(Dataset excerpts)
******
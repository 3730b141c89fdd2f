ghost use Rattle.std.specs.Prelude.{◌≡◌};

use std::marker::Model;

/// A held stamp: the live pages as they were when it was taken, which its pool keeps until it is released.
#[derive(Drop)]
pub struct Stamp {
    slot: u64,
}

impl Model for Stamp {
    ghost use Rattle.std.specs.Prelude.{ℕ};

    ghost Value = { ℕ };

    ghost view = { λ stamp. stamp.slot };
}

impl Stamp {
    pub(crate) fn new(slot: u64) -> Stamp
        ensures { result ≡ slot }
    {
        Stamp { slot }
    }

    pub(crate) fn slot(&self) -> u64
        ensures { result ≡ self.now }
    {
        self.slot
    }
}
******
### What to do:
Each line of the data that holds the word "specs" should be copied.

### Response to this exercise:
ghost use Rattle.std.specs.Prelude.{◌≡◌};
    ghost use Rattle.std.specs.Prelude.{ℕ};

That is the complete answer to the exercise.